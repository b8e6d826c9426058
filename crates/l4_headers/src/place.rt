//! Where fields stand in transport headers, in octets from their start (RFC 9293, section 3.1; RFC 768; RFC 792). They are for
//! headers of which only a part stands, as in the packet that an ICMP error embeds; a whole header has calls of its own.

/// The source port of TCP and UDP.
pub const SOURCE_PORT_AT: usize = 0;
/// Their destination port.
pub const DESTINATION_PORT_AT: usize = 2;
/// What stands behind both ports.
pub const PORTS_END: usize = 4;
/// The sum of TCP.
pub const TCP_SUM_AT: usize = 16;
/// The sum of UDP.
pub const UDP_SUM_AT: usize = 6;
/// The sum of ICMP.
pub const ICMP_SUM_AT: usize = 2;
/// The identifier of an ICMP query.
pub const IDENTIFIER_AT: usize = 4;
/// What stands behind the identifier.
pub const IDENTIFIER_END: usize = 6;
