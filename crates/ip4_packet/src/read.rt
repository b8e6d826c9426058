//! Reading a header.

ghost use Rattle.std.specs.Prelude.{◌≡◌, ◌/◌, ◌<◌, ◌≤◌, ◌↔◌, ℕ, List, ◌++◌, length, IfSome, IfNone, IfOk, IfErr};
ghost use Rattle.octets.specs.Field.{octet};
ghost use Rattle.octets.specs.declared.cause.Cause.{Cause as AnyCause};
ghost use Rattle.ip4_packet.specs.declared.head.Head4.{Head4 as Header};
ghost use Rattle.ip4_packet.specs.Options.{routed_in};
ghost use Rattle.ip4_packet.specs.Grammar.{header_len, total_len, option_octets, more_flag, fragment_offset, payload_of4, trimmed4, HasFields4, Is4};
ghost use Rattle.ip4_packet.specs.Causes.{IsTruncated4, IsBadHeader4, HasNoHeaderCause4, IsCause4, StaysRead4};
ghost use Rattle.octets.specs.Bits.{bit_of};

use crate::fault::{
    has_right_sum, header_len, is_no_destination, is_not_ip, is_truncated, total_len,
};
use crate::head::Head4;
use crate::layout::{
    DESTINATION_AT, DONT_FRAGMENT, FRAGMENT_AT, HEADER_LEN, ID_AT, MORE_FRAGMENTS, OFFSETS,
    PROTO_AT, SOURCE_AT, TOS_AT, TTL_AT,
};
use crate::options;
use octets::{Addr4, Cause, is_wrong_fragment, quad_at, word_at};

/// The fragment offset, in units of 8 octets.
fn fragment_offset(octets: &[u8]) -> u16
    requires { 20 ≤ length octets.now }
    ensures value { result ≡ fragment_offset octets.now }
    ensures below { result < 8192 }
{
    word_at(octets, FRAGMENT_AT) % OFFSETS
}

/// The flag "more fragments".
fn has_more(octets: &[u8]) -> bool
    requires { 20 ≤ length octets.now }
    ensures { bit_of result ≡ more_flag octets.now }
{
    word_at(octets, FRAGMENT_AT) / MORE_FRAGMENTS % 2 == 1
}

/// Whether the options have an unspent source route, where header lengths, options and fragment fields
/// agree with one another. None where they don't.
fn agreed(octets: &[u8]) -> Option<bool>
    requires { IsTruncated4 octets.now → ⊥ }
    ensures bad { IfNone result (IsBadHeader4 octets.now) }
    ensures good { IfSome result (λ routed. (IsBadHeader4 octets.now → ⊥) × (routed_in 0 (option_octets octets.now) ≡ Some routed)) }
{
    let head_len = header_len(octets);
    let total = total_len(octets);
    if head_len < HEADER_LEN || total < head_len {
        return None;
    }
    if is_wrong_fragment(fragment_offset(octets), has_more(octets), total - head_len) {
        return None;
    }
    options::routed(&octets[HEADER_LEN..head_len])
}

/// The fields of the header, with this finding on its options.
pub(crate) fn fields(octets: &[u8], routed: bool) -> Head4
    requires long { 20 ≤ length octets.now }
    requires version { octet octets.now 0 / 16 ≡ 4 }
    ensures fields { HasFields4 result octets.now }
    ensures route { result.routed ≡ routed }
{
    Head4 {
        tos: octets[TOS_AT],
        id: word_at(octets, ID_AT),
        df: word_at(octets, FRAGMENT_AT) / DONT_FRAGMENT % 2 == 1,
        mf: has_more(octets),
        offset: fragment_offset(octets),
        ttl: octets[TTL_AT],
        proto: octets[PROTO_AT],
        src: Addr4(quad_at(octets, SOURCE_AT)),
        dst: Addr4(quad_at(octets, DESTINATION_AT)),
        head_len: header_len(octets) as u8,
        total: total_len(octets) as u16,
        routed,
    }
}

/// The header, or the least cause.
fn decided(octets: &[u8]) -> Result<Head4, Cause>
    ensures found { IfOk result (λ h. Is4 h (payload_of4 h octets.now) octets.now × HasNoHeaderCause4 octets.now) }
    ensures refused { IfErr result (λ cause. IsCause4 cause octets.now) }
{
    if is_not_ip(octets) {
        return Err(Cause::NotIp);
    }
    if is_truncated(octets) {
        return Err(Cause::Truncated);
    }
    let Some(routed) = agreed(octets) else {
        return Err(Cause::BadHeader);
    };
    if !has_right_sum(octets) {
        return Err(Cause::BadHeaderSum);
    }
    let head = fields(octets, routed);
    if is_no_destination(head.dst) {
        return Err(Cause::BadDestination);
    }
    Ok(head)
}

impl Head4 {
    /// The header of the packet that these octets hold (RFC 791). The payload is octets `head_len` to
    /// `total`; octets after the total length belong to no packet.
    ///
    /// Of the causes NotIp, Truncated, BadHeader, BadHeaderSum and BadDestination it refuses with the
    /// first that the octets have. No other refusal comes, and octets that have none are read.
    pub fn read(octets: &[u8]) -> Result<Head4, Cause>
        // What is read is what the octets hold, and they have no cause.
        ensures found { IfOk result (λ h. Is4 h (payload_of4 h octets.now) octets.now × HasNoHeaderCause4 octets.now) }
        // What the octets hold is read, where they have no cause.
        ensures only { (h : Header) (payload : List ℕ) → Is4 h payload octets.now → HasNoHeaderCause4 octets.now → result ≡ Ok h }
        // A refusal is the least cause, and the least cause is a refusal.
        ensures refused { (cause : AnyCause) → (result ≡ Err cause) ↔ IsCause4 cause octets.now }
        // Octets that are added at the end change no answer but Truncated, and NotIp of no octet.
        ensures longer { (more : List ℕ) → StaysRead4 result octets.now (octets.now ++ more) }
    {
        decided(octets)
    }

    /// The header of a packet that `read` accepts.
    pub fn accepted(octets: &[u8]) -> Head4
        requires { HasNoHeaderCause4 octets.now }
        ensures found { Is4 result (payload_of4 result octets.now) octets.now }
        ensures only { (h : Header) (payload : List ℕ) → Is4 h payload octets.now → h ≡ result }
    {
        let Ok(head) = Head4::read(octets) else {
            unreachable!();
        };
        head
    }

    /// The packet without the octets after its total length, which belong to no packet. Octets that are
    /// fewer stay as they are.
    pub fn trimmed<'a>(&self, octets: &'a [u8]) -> &'a [u8]
        ensures { result.now ≡ trimmed4 self.now octets.now }
    {
        &octets[..octets.len().min(usize::from(self.total))]
    }
}
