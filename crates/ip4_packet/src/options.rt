//! The options of a header (RFC 791, section 3.1).

ghost use Rattle.std.specs.Prelude.{◌≡◌, ◌≤◌, MatchOption, None};
ghost use Rattle.octets.specs.Field.{octet};
ghost use Rattle.ip4_packet.specs.Options.{is_source_route, least_length, is_unspent, routed_in, IsFirstOption, IsWholeOption};

use crate::layout::{
    LOOSE_ROUTE, OPTION_END, OPTION_LEN_AT, OPTION_NONE, POINTER_AT, STRICT_ROUTE,
};

/// A source route, loose or strict.
fn is_source_route(kind: u8) -> bool
    ensures { result ≡ is_source_route kind }
{
    kind == LOOSE_ROUTE || kind == STRICT_ROUTE
}

/// Octets of the shortest option of this kind: kind and length, of a source route a pointer too.
fn least_length(kind: u8) -> usize
    ensures { result ≡ least_length kind }
{
    if is_source_route(kind) { 3 } else { 2 }
}

/// The option at the front, which has a length octet. None where its length is below that of its kind
/// or passes the octets.
fn first_option(octets: &[u8]) -> Option<&[u8]>
    requires { 2 ≤ octet octets.now 0 }
    ensures { MatchOption result (routed_in 0 octets.now ≡ None) (λ option. IsFirstOption option.now octets.now) }
{
    if octets.len() <= OPTION_LEN_AT {
        return None;
    }
    let len = usize::from(octets[OPTION_LEN_AT]);
    if len < least_length(octets[0]) || octets.len() < len {
        return None;
    }
    Some(&octets[..len])
}

/// Whether this option is a source route whose pointer isn't above its length, so that it isn't spent.
fn is_unspent(option: &[u8]) -> bool
    requires { IsWholeOption option.now }
    ensures { result ≡ is_unspent (octet option.now 0) (octet option.now 1) (octet option.now 2) }
{
    is_source_route(option[0]) && option[POINTER_AT] <= option[OPTION_LEN_AT]
}

/// Whether a source route that isn't spent is among the options. None where the octets are no list of
/// options: an option is shorter than its kind asks, or passes the end.
pub(crate) fn routed(octets: &[u8]) -> Option<bool>
    ensures { result ≡ routed_in 0 octets.now }
{
    let mut found = false;
    let mut left = octets;
    while !left.is_empty() && left[0] != OPTION_END {
        if left[0] == OPTION_NONE {
            left = &left[1..];
        } else {
            let option = first_option(left)?;
            found = found || is_unspent(option);
            left = &left[option.len()..];
        }
    }
    Some(found)
}
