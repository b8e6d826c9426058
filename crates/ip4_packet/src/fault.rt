//! For what octets are refused as an IPv4 packet, one test a cause.

ghost use Rattle.std.specs.Prelude.{◌≡◌, ◌<◌, ◌≤◌, ◌↔◌, IsTrue, length, take};
ghost use Rattle.inet_sum.specs.Sum.{IsRight};
ghost use Rattle.ip4_packet.specs.Grammar.{header_len, total_len};
ghost use Rattle.ip4_packet.specs.Causes.{IsNotIp4, IsTruncated4, IsNoDestination4};

use crate::layout::{GROUP, HEADER_LEN, TOTAL_AT, VERSION, VERSION_AT};
use octets::{Addr4, word_at};

/// The declared length of the header in octets, 0 to 60, a multiple of 4.
pub(crate) fn header_len(octets: &[u8]) -> usize
    requires { 0 < length octets.now }
    ensures { result ≡ header_len octets.now }
{
    4 * usize::from(octets[VERSION_AT] % 16)
}

/// The declared length of the packet in octets.
pub(crate) fn total_len(octets: &[u8]) -> usize
    requires { 4 ≤ length octets.now }
    ensures { result ≡ total_len octets.now }
{
    usize::from(word_at(octets, TOTAL_AT))
}

/// No octet stands, or another version.
pub(crate) fn is_not_ip(octets: &[u8]) -> bool
    ensures { IsTrue result ↔ IsNotIp4 octets.now }
{
    octets.is_empty() || octets[VERSION_AT] / 16 != VERSION
}

/// Fewer octets stand than the header, the header with its options, or the packet has.
pub(crate) fn is_truncated(octets: &[u8]) -> bool
    ensures { IsTrue result ↔ IsTruncated4 octets.now }
{
    let len = octets.len();
    len < HEADER_LEN || len < header_len(octets) || len < total_len(octets)
}

/// The header's words, its sum among them, fold to 65535 (RFC 1071).
pub(crate) fn has_right_sum(octets: &[u8]) -> bool
    requires some { 0 < length octets.now }
    requires whole { header_len octets.now ≤ length octets.now }
    ensures { IsTrue result ↔ IsRight (take (header_len octets.now) octets.now) }
{
    inet_sum::fold(inet_sum::sum(&octets[..header_len(octets)])) == u16::MAX
}

/// A group address (224.0.0.0/4), the broadcast address, or the unspecified address.
pub fn is_no_destination(addr: Addr4) -> bool
    ensures { IsTrue result ↔ IsNoDestination4 addr.0 }
{
    addr.0 >> 28 == GROUP || addr.0 == u32::MAX || addr.0 == 0
}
---
TASK TO COMPLETE |
From the listing above, collect every line that mentions the word "IsFirstOption".

REPLY |
ghost use Rattle.ip4_packet.specs.Options.{is_source_route, least_length, is_unspent, routed_in, IsFirstOption, IsWholeOption};
    ensures { MatchOption result (routed_in 0 octets.now ≡ None) (λ option. IsFirstOption option.now octets.now) }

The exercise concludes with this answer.